Mercelina also addressed a question on whether a public publication was issued to hire a legislative writer, and indicated that was not the route taken. He said the approach chosen was to develop the draft through existing and assigned legislative capacity, while keeping the process transparent and correct.

The Prime Minister emphasized that the draft ordinance still has a full legislative path ahead. He said stakeholders must first review and verify the draft, after which it will follow the normal process, including review by the Council of Advice, then onward through the required governmental steps, and ultimately to Parliament of St. Maarten for ratification.

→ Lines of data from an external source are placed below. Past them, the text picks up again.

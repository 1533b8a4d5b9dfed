//! Machines in short, and their steps.

ghost use Rattle.std.specs.Prelude.{◌≡◌, ◌-◌, ◌^◌, true, length, min, sum};
ghost use Rattle.ground.specs.Extents.{AreSmall};
ghost use Rattle.machine_desc.specs.Joined.{has_at};
ghost use Rattle.machine_desc.specs.Sound.{IsSound};
ghost use Rattle.partition.specs.Loading as spec;

use core_step::Wrote;
use guest_regs::Regs;
use machine_desc::{Act, Desc, Piece, Port, Region, Span, State, sound};
use outside::{Bytes, Listed, NoMemory};
use partition::{Acts, Kind, LoneMachine, kind_at};
use std::alloc::Global;
use std::test::Fail;

/// More steps than any machine may do.
const LIMIT: u64 = 1_000_000_000_000;

/// More bytes than a machine may have.
const MOST_BYTES: u64 = 0x4000_0000;

/// The place of a manager's tree.
pub const TREE_AT: u32 = 0x0123_4567;

/// A machine of one core in short: its regions, the bytes of each extent, the words of its image, which lies at 0, the
/// place of its tree, its entry, and whether it begins held. Handle 1 is a channel with the interrupts 0 and 1, handle 2
/// a doorbell that it rings, and handle 3 one that rings it by interrupt 2. Handle 4 is a partition that it manages, where
/// it is said whether that one begins held; else there is no handle 4.
#[derive(Clone, Copy)]
pub struct Draft<'a> {
    pub regions: &'a [Place],
    pub sizes: &'a [u32],
    pub image: &'a [u32],
    pub tree_at: u64,
    pub entry: u32,
    pub held: bool,
    pub managed: Option<bool>,
    pub private: &'a [(u64, u64)],
    pub feed: &'a [u8],
}

/// A region in short: its logical address, its size in bytes, its extent, and whether it is private.
pub type Place = (u64, u32, u32, bool);

/// The built-in machine with this image.
pub fn built_in(image: &[u32]) -> Draft<'_> {
    Draft {
        regions: &[(0, 65_536, 0, true)],
        sizes: &[65_536],
        image,
        tree_at: 0,
        entry: 0,
        held: false,
        managed: None,
        private: &[],
        feed: &[],
    }
}

/// A machine with this entry and image that manages a partition, which begins held or not. Beside its private page at 0 it
/// has a shared one at 0x1000, of extent 1.
pub fn manager(held: bool, entry: u32, image: &[u32]) -> Draft<'_> {
    Draft {
        regions: &[(0, 0x1000, 0, true), (0x1000, 0x1000, 1, false)],
        sizes: &[0x1000, 0x1000],
        tree_at: u64::from(TREE_AT),
        entry,
        managed: Some(held),
        ..built_in(image)
    }
}

/// Its image as a piece.
fn piece_of(alloc: Global, image: &[u32]) -> Result<Piece, NoMemory> {
    let mut bytes = Vec::new(alloc);
    for word in image {
        bytes.extend_from_slice(&word.to_be_bytes())?;
    }
    let len = u32::try_from(bytes.len()).unwrap_or(u32::MAX);
    Ok(Piece {
        at: 0,
        bytes: Bytes::from_vec(bytes),
        len,
    })
}

/// Its regions. Their real addresses mean nothing to a machine.
fn regions_of(alloc: Global, places: &[Place]) -> Result<Listed<Region>, NoMemory> {
    let mut regions = Listed::new(alloc);
    for &(logical, size, extent, private) in places {
        regions.push(Region {
            logical,
            size,
            extent,
            real: 0,
            private,
        })?;
    }
    Ok(regions)
}

/// Ranges of logical addresses, each by its first address and its size.
fn spans_of(alloc: Global, ranges: &[(u64, u64)]) -> Result<Listed<Span>, NoMemory> {
    let mut spans = Listed::new(alloc);
    for &(at, size) in ranges {
        spans.push(Span { at, size })?;
    }
    Ok(spans)
}

/// Its ports.
fn ports_of(alloc: Global, draft: &Draft) -> Result<Listed<Port>, NoMemory> {
    let mut ports = Listed::new(alloc);
    ports.push(Port::Channel { rx: 0, tx: 1 })?;
    ports.push(Port::Send)?;
    ports.push(Port::Receive { irq: 2 })?;
    if let Some(held) = draft.managed {
        ports.push(Port::Manage {
            part: 1,
            held,
            private: spans_of(alloc, draft.private)?,
        })?;
    }
    Ok(ports)
}

/// Its description.
fn desc_of(alloc: Global, draft: &Draft) -> Result<Desc, NoMemory> {
    let mut pieces = Listed::new(alloc);
    pieces.push(piece_of(alloc, draft.image)?)?;
    Ok(Desc {
        name: Bytes::of(alloc, b"guest")?,
        regions: regions_of(alloc, draft.regions)?,
        cores: Listed::from_vec(Vec::from_slice(alloc, &[0])?),
        ports: ports_of(alloc, draft)?,
        tree_at: draft.tree_at,
        tree_size: 0,
        entry: draft.entry,
        held: draft.held,
        pieces,
    })
}

/// The sum, or as much as a number can say.
fn sum_of(sizes: &[u32]) -> u64
    ensures { result ≡ min (sum sizes.now) (2 ^ 64 - 1) }
{
    let mut total = 0u64;
    for size in sizes {
        total = total.saturating_add(u64::from(*size));
    }
    total
}

/// Whether the region has an extent of its size.
fn has_extent(sizes: &[u32], region: &Region) -> bool
    ensures { result ≡ has_at sizes.now region.now.extent region.now.size }
{
    match sizes.get(region.extent as usize) {
        Some(size) => region.size == *size,
        None => false,
    }
}

/// Whether each region has an extent of its size.
fn have_extents(sizes: &[u32], regions: &[Region]) -> bool
    ensures { result ≡ spec.have_extents sizes.now regions.now }
{
    regions.iter().all(|region| has_extent(sizes, region))
}

/// Whether a machine can be made of it.
fn can_be_made(desc: &Desc, sizes: &[u32]) -> bool
    ensures sound { result ≡ true → IsSound desc.now }
    ensures core { result ≡ true → length desc.now.cores ≡ 1 }
    ensures small { result ≡ true → AreSmall sizes.now }
    ensures extents { result ≡ true → spec.have_extents sizes.now desc.now.regions ≡ true }
{
    sound(desc)
        && desc.cores.as_slice().len() == 1
        && sum_of(sizes) <= MOST_BYTES
        && have_extents(sizes, desc.regions.as_slice())
}

/// The machine before its first step.
pub fn machine_of(alloc: Global, draft: &Draft) -> Result<LoneMachine, Fail> {
    let desc = desc_of(alloc, draft)?;
    if !can_be_made(&desc, draft.sizes) {
        return Err("the machine can be made".into());
    }
    let feed = Bytes::of(alloc, draft.feed)?;
    Ok(
        LoneMachine::new(alloc, desc, draft.sizes, feed)
            .ok()
            .ok_or("there is memory")?,
    )
}

/// One step of the core, where the machine runs. Of the bytes that it sends the other end takes so many at once.
pub fn step(machine: &mut LoneMachine, most: usize) -> Result<Acts, Fail> {
    let core = machine.place_of(0).ok_or("there is a core")?;
    if !matches!(machine.state(), State::Running) || machine.steps() >= LIMIT {
        return Err("it runs".into());
    }
    let acts = machine.step(core);
    if let Act::Sent { h, bytes } = &acts.act {
        let mut taken = [0; 16];
        let count = bytes.len().min(most);
        machine.free(*h, &mut taken[..count]);
        if taken[..count] != bytes.as_slice()[..count] {
            return Err("what is taken was sent".into());
        }
    }
    Ok(acts)
}

/// Rings the doorbell of handle 3, where it is one.
pub fn try_ring(machine: &mut LoneMachine) -> Option<()> {
    match kind_at(machine.desc().ports.as_slice(), 3) {
        Some(Kind::Receive) => {
            machine.ring(3);
            Some(())
        }
        _ => None,
    }
}

/// Lets bytes come on handle 1, where it is a channel that has room for them.
pub fn try_give(machine: &mut LoneMachine, bytes: &[u8]) -> Option<()> {
    match kind_at(machine.desc().ports.as_slice(), 1) {
        Some(Kind::Channel) if machine.waiting(1) as usize + bytes.len() <= 256 => {
            machine.give(1, bytes);
            Some(())
        }
        _ => None,
    }
}

/// Tells it whether the partition of handle 4 runs, where that is one that it manages.
pub fn try_tell(machine: &mut LoneMachine, runs: bool) -> Option<()> {
    match kind_at(machine.desc().ports.as_slice(), 4) {
        Some(Kind::Manage) => {
            machine.tell(4, runs);
            Some(())
        }
        _ => None,
    }
}

/// Starts it at this entry, where an instruction can lie there, with its memory loaded anew or not.
pub fn try_start(machine: &mut LoneMachine, entry: u32, load: bool) -> Option<()> {
    if entry % 4 != 0 {
        return None;
    }
    machine.start(entry, load);
    Some(())
}

/// How many bytes wait on handle 1, where it is a channel.
pub fn waiting(machine: &LoneMachine) -> Option<u16> {
    match kind_at(machine.desc().ports.as_slice(), 1) {
        Some(Kind::Channel) => Some(machine.waiting(1)),
        _ => None,
    }
}

/// The registers of the core.
pub fn registers_of(machine: &LoneMachine) -> Result<&Regs, Fail> {
    let core = machine.place_of(0).ok_or("there is a core")?;
    Ok(machine.core(core).regs())
}

/// So many steps, of which others see no act; the ranges of shared extents that they wrote, in order.
pub fn quiet_steps(
    alloc: Global,
    machine: &mut LoneMachine,
    steps: u64,
) -> Result<Vec<Wrote>, Fail> {
    let mut shared = Vec::new(alloc);
    for _ in 0..steps {
        let acts = step(machine, 0)?;
        if !matches!(acts.act, Act::None) {
            return Err("the step is quiet".into());
        }
        shared.extend_from_slice(acts.shared.as_slice())?;
    }
    Ok(shared)
}

/// The first of the general registers that doesn't hold its value.
pub fn first_wrong(regs: &Regs, registers: &[(u8, u32)]) -> Option<(u8, u32)> {
    registers.iter().copied().find(|&(number, value)| number > 31 || regs.gpr(number) != value)
}
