/// Loads a private and a shared word, asks how channel 1 and interrupt 2 stand, changes all of that, and restarts itself.
/// It begins at 32, and its first word is its private one.
pub const SELF_RESTART: [u32; 39] = [
    0x1234_5678, // no instruction
    0x6000_0000, // nop
    0x6000_0000, // nop
    0x6000_0000, // nop
    0x6000_0000, // nop
    0x6000_0000, // nop
    0x6000_0000, // nop
    0x6000_0000, // nop
    0x8280_0000, // lwz r20,0(0)
    0x82A0_1000, // lwz r21,4096(0)
    0x7ECC_42A6, // mftb r22
    0x3860_0001, // li r3,1
    0x3D60_0001, // lis r11,1
    0x616B_0003, // ori r11,r11,3
    0x4400_0022, // sc 1
    0x7C97_2378, // mr r23,r4
    0x7CB8_2B78, // mr r24,r5
    0x3D60_0001, // lis r11,1
    0x616B_0007, // ori r11,r11,7
    0x3860_0002, // li r3,2
    0x4400_0022, // sc 1
    0x7C99_2378, // mr r25,r4
    0x38A0_0055, // li r5,85
    0x90A0_0000, // stw r5,0(0)
    0x90A0_1000, // stw r5,4096(0)
    0x3D60_0001, // lis r11,1
    0x616B_0006, // ori r11,r11,6
    0x3860_0002, // li r3,2
    0x3880_0000, // li r4,0
    0x4400_0022, // sc 1
    0x3D60_0001, // lis r11,1
    0x616B_0001, // ori r11,r11,1
    0x3860_0001, // li r3,1
    0x3880_0002, // li r4,2
    0x4400_0022, // sc 1
    0x3D60_0002, // lis r11,2
    0x616B_0004, // ori r11,r11,4
    0x3860_FFFF, // li r3,-1
    0x4400_0022, // sc 1
];

/// Asks whether interrupt 2 is masked, ends its service, unmasks it, and acknowledges one.
pub const SERVICE: [u32; 20] = [
    0x3D60_0001, // lis r11,1
    0x616B_0007, // ori r11,r11,7
    0x3860_0002, // li r3,2
    0x4400_0022, // sc 1
    0x7C94_2378, // mr r20,r4
    0x3D60_0001, // lis r11,1
    0x616B_000A, // ori r11,r11,10
    0x3860_0002, // li r3,2
    0x4400_0022, // sc 1
    0x7C75_1B78, // mr r21,r3
    0x3D60_0001, // lis r11,1
    0x616B_0006, // ori r11,r11,6
    0x3860_0002, // li r3,2
    0x3880_0000, // li r4,0
    0x4400_0022, // sc 1
    0x3D60_0001, // lis r11,1
    0x616B_0009, // ori r11,r11,9
    0x4400_0022, // sc 1
    0x7C96_2378, // mr r22,r4
    0x4800_0000, // b 4c
];

/// Stores where a reservation holds, and then reserves the block at 0x1040, again and again.
pub const RESERVED: [u32; 5] = [
    0x3860_1040, // li r3,0x1040
    0x7CA0_192D, // stwcx. r5,0,r3
    0x7CC0_0026, // mfcr r6
    0x7C80_1828, // lwarx r4,0,r3
    0x4BFF_FFF4, // b .-12
];

/// Sets the decrementer, and stores to its last word; what stands at 16 loads that word.
pub const STORED: [u32; 7] = [
    0x38A0_0055, // li r5,85
    0x7CB6_03A6, // mtdec r5
    0x90A0_0018, // stw r5,24(0)
    0x4800_0000, // b c
    0x8280_0018, // lwz r20,24(0)
    0x4800_0000, // b 14
    0x1234_5678, // no instruction
];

He also said that while healthcare is not technically his ministry, he brought the file to the Minister responsible and offered the draft so it can be advanced through the proper channel for the benefit of the people of St. Maarten. He noted that when he left the hospital before becoming Prime Minister, colleagues urged him to “do something” for healthcare from the other side of public service, and he said he has not given up on making the registry a reality.

“Two dreams in healthcare”

Prime Minister Mercelina reiterated that establishing a national healthcare professionals registry is a long-standing goal he has carried for years, and he expressed hope that the draft will complete its legislative journey so St. Maarten can finally have its own registration framework anchored in national law. He said he has two dreams in healthcare: replacing BIG through local legislation, and achieving a new hospital for the country.